Felor Badenberg (CDU), Senatorin für Justiz und Verbraucherschutz, hier zwischen Herren aus Politik und Verbänden, präsentierte auf der Grünen Woche ein Programm, das nun auf der Kippe steht.

© imago/Rüdiger Wölk/imago/Rüdiger Wölk

Die Sprecherin machte darauf aufmerksam, dass auch Teile im Projekt „Berlin is(s)t klimafreundlich“ gefährdet seien. Darin geht es auch um die weitere Aufstellung von Kiez-Kühlschränken, in denen Lebensmittel kostenlos zur Verfügung gestellt werden können. Verbraucherschutzsenatorin Felor Badenberg (CDU), die die Streichliste zu verantworten hat, hatte dieses Programm erst vor wenigen Tagen auf der Grünen Woche vorgestellt.

Senat ist nicht der einzige Geldgeber

Die Verbraucherzentrale Berlin war vor mehr als 70 Jahren in Kreuzberg gegründet worden als Verein „Neue Hauswirtschaft“. Seine Mitglieder sind 13 verbraucherorientierte Verbände und mehr als 50 Einzelpersonen. In der Geschäftsstelle in Tempelhof und den Außenstellen in Lichtenberg und Pankow bietet sie ein unabhängiges Beratungs- und Informationsangebot zu Themen wie Verbraucher- und Telekommunikationsrecht, Finanzdienstleistungen, Energie und Ernährung.

Der Verein ist nicht ausschließlich finanziell abhängig vom Senat, aber maßgeblich. Förderungen erhält er auch vom Bundesministerium für Umwelt, Naturschutz, nukleare Sicherheit und Verbraucherschutz oder dem Landwirtschafts- und Ernährungsministerium.

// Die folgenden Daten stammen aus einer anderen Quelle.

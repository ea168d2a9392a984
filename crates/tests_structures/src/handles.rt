ghost use Rattle.std.specs.Prelude.{◌≤◌};
ghost use Rattle.task_handles.specs.Handles.{live_count};

use std::alloc::Global;
use std::process::Abort;
use task_handles::{
    HandleCounter, HandleError, HandleTable, MAX_HANDLES, Rep, ThreadHandleTable, WaitableKind,
};

// A table and a counter that counts each of its live handles.
#[derive(Drop)]
struct Counted {
    table: HandleTable,
    counter: HandleCounter,
    ghost counted: { live_count table ≤ counter.live },
}

#[tactic(auto, using(task_handles::proofs::CountLemmas::counting))]
impl Counted {
    fn new(alloc: Global, limit: u32) -> Self
        requires { limit ≤ MAX_HANDLES }
    {
        Counted {
            table: HandleTable::new(alloc),
            counter: HandleCounter::new(limit),
        }
    }

    fn insert_guest(&mut self, id: u32) -> u32 {
        given(self.table.subtask_insert_guest(&mut self.counter, rep(id)))
    }

    fn insert_host(&mut self, id: u32) -> u32 {
        given(self.table.subtask_insert_host(&mut self.counter, rep(id)))
    }

    fn insert_set(&mut self, id: u32) -> u32 {
        given(self.table.waitable_set_insert(&mut self.counter, rep(id)))
    }

    fn remove_subtask(&mut self, handle: u32) -> u32 {
        match self.table.subtask_remove(&mut self.counter, handle) {
            Ok((rep, _)) => rep.id,
            Err(_) => NONE,
        }
    }

    fn remove_set(&mut self, handle: u32) -> u32 {
        id_of(self.table.waitable_set_remove(&mut self.counter, handle))
    }
}

// What represents a handle or an id where there is none.
const NONE: u32 = 0;

fn given(answer: Result<u32, HandleError>) -> u32 {
    match answer {
        Ok(handle) => handle,
        Err(_) => NONE,
    }
}

fn id_of(answer: Result<Rep, HandleError>) -> u32 {
    match answer {
        Ok(rep) => rep.id,
        Err(_) => NONE,
    }
}

fn rep(id: u32) -> Rep {
    Rep { id, serial: 7 }
}

#[test]
fn handles_name_what_was_put_in(rt: HostRuntime) {
    let mut held = Counted::new(rt.alloc(), MAX_HANDLES);
    assert!(rt; held.table.is_empty());
    assert!(rt; held.insert_guest(10) == 1);
    assert!(rt; held.insert_set(11) == 2);
    assert!(rt; held.insert_host(12) == 3);
    are_named(&rt, &held.table);
    assert!(rt; held.remove_set(2) == 11);
    assert!(rt; held.insert_set(13) == 2);
    assert!(rt; held.counter.live() == 3);
}

// Handle 1 is a guest's subtask, 2 a set and 3 a host's.
fn are_named(rt: &impl Abort, table: &HandleTable) {
    assert!(rt; id_of(table.waitable_set_rep(2)) == 11);
    assert!(rt; matches!(table.subtask_rep(3), Ok((Rep { id: 12, serial: 7 }, true))));
    assert!(rt; matches!(table.waitable_rep(1), Ok((_, WaitableKind::GuestSubtask))));
    assert!(rt; matches!(table.waitable_rep(2), Err(HandleError::BadHandle)));
}

#[test]
fn lowered_handle_limit(rt: HostRuntime) {
    let mut held = Counted::new(rt.alloc(), 2);
    assert!(rt; held.insert_guest(1) == 1);
    assert!(rt; held.insert_guest(2) == 2);
    held.counter.set_limit(1);
    assert!(rt; held.counter.limit() == 1);
    assert!(rt; held.insert_guest(3) == NONE);
    assert!(rt; held.remove_subtask(2) == 2);
    assert!(rt; held.insert_guest(3) == NONE);
    assert!(rt; held.remove_subtask(1) == 1);
    assert!(rt; held.insert_guest(3) == 1);
}

// A counter up to two, with one thread: its handle was reserved, given, given back and given again.
#[tactic(auto, using(task_handles::proofs::CountLemmas::counting))]
fn counted_thread(rt: &impl Abort, alloc: Global) -> HandleCounter {
    let mut counter = HandleCounter::new(2);
    let mut threads = ThreadHandleTable::new(alloc);
    assert!(rt; counter.reserve());
    assert!(rt; threads.next_handle() == 1);
    assert!(rt; matches!(threads.insert_reserved(&mut counter, rep(1)), Ok(1)));
    assert!(rt; id_of(threads.guest_thread_rep(1)) == 1);
    assert!(rt; id_of(threads.guest_thread_remove(&mut counter, 1)) == 1);
    assert!(rt; given(threads.guest_thread_insert(&mut counter, rep(2))) == 1);
    counter
}

// A set gets the second handle, once a reservation of it is given up, and the next one none.
#[tactic(auto, using(task_handles::proofs::CountLemmas::counting))]
fn set_is_counted(rt: &impl Abort, alloc: Global, counter: &mut HandleCounter) {
    let mut held = HandleTable::new(alloc);
    assert!(rt; counter.reserve());
    assert!(rt;
        matches!(
            held.waitable_set_insert(counter, rep(4)),
            Err(HandleError::Limit)
        )
    );
    counter.release();
    assert!(rt; matches!(held.waitable_set_insert(counter, rep(4)), Ok(1)));
    assert!(rt;
        matches!(
            held.waitable_set_insert(counter, rep(5)),
            Err(HandleError::Limit)
        )
    );
}

#[test]
fn threads_share_the_counter(rt: HostRuntime) {
    let mut counter = counted_thread(&rt, rt.alloc());
    set_is_counted(&rt, rt.alloc(), &mut counter);
    assert!(rt; counter.live() == 2);
}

In kleinem Umfang finanziert sich der Verein zudem über Spenden, Honorare für Beratungen und Vorträge seiner Expertinnen und Experten.

Insgesamt verbuchte die Verbraucherzentrale Berlin 2023 – jüngere Zahlen liegen noch nicht vor – Einnahmen in Höhe von knapp 4,5 Millionen Euro, mehr als 70 Prozent der Summe (3,3 Millionen Euro) wendet sie für ihre rund 60 Mitarbeitenden auf.

Grüne Politikerin sieht demokratiefördernde Rolle gefährdet

In Anbetracht der gestiegenen Energiepreise seien die Kürzungen bei der Verbraucherzentrale „ein falsches Signal“, schrieb Tonka Wojahn, die verbraucherschutzpolitische Sprecherin der Grünen im Abgeordnetenhaus, dem Tagesspiegel. Mit den Konsequenzen der Rücknahme von bereits rechtswirksamen Zuwendungsbescheiden – wie etwa abgeschlossenen Arbeitsverträgen – werde die Verbraucherzentrale alleingelassen. Ebenso mit dem Ausgleich für die geplanten Tariferhöhungen im laufenden Jahr in Höhe von rund 100.000 Euro.

Politisch seien sich alle demokratischen Parteien im zuständigen Ausschuss über die besondere Bedeutung der Verbraucherzentrale e.V. einig gewesen, meint die Abgeordnete. „Nicht nur ihre vielfältige Aufklärungs- und Beratungstätigkeit ist unverzichtbar, sondern auch ihre demokratiefördernde Rolle zum Schutz der Verbraucher:innen.“ Geholfen habe das nicht: Mit Kürzungen von mehr als 20 Prozent müsse der Verbraucherschutz in Berlin „drastische Einschränkungen“ hinnehmen, kritisierte Wojahn.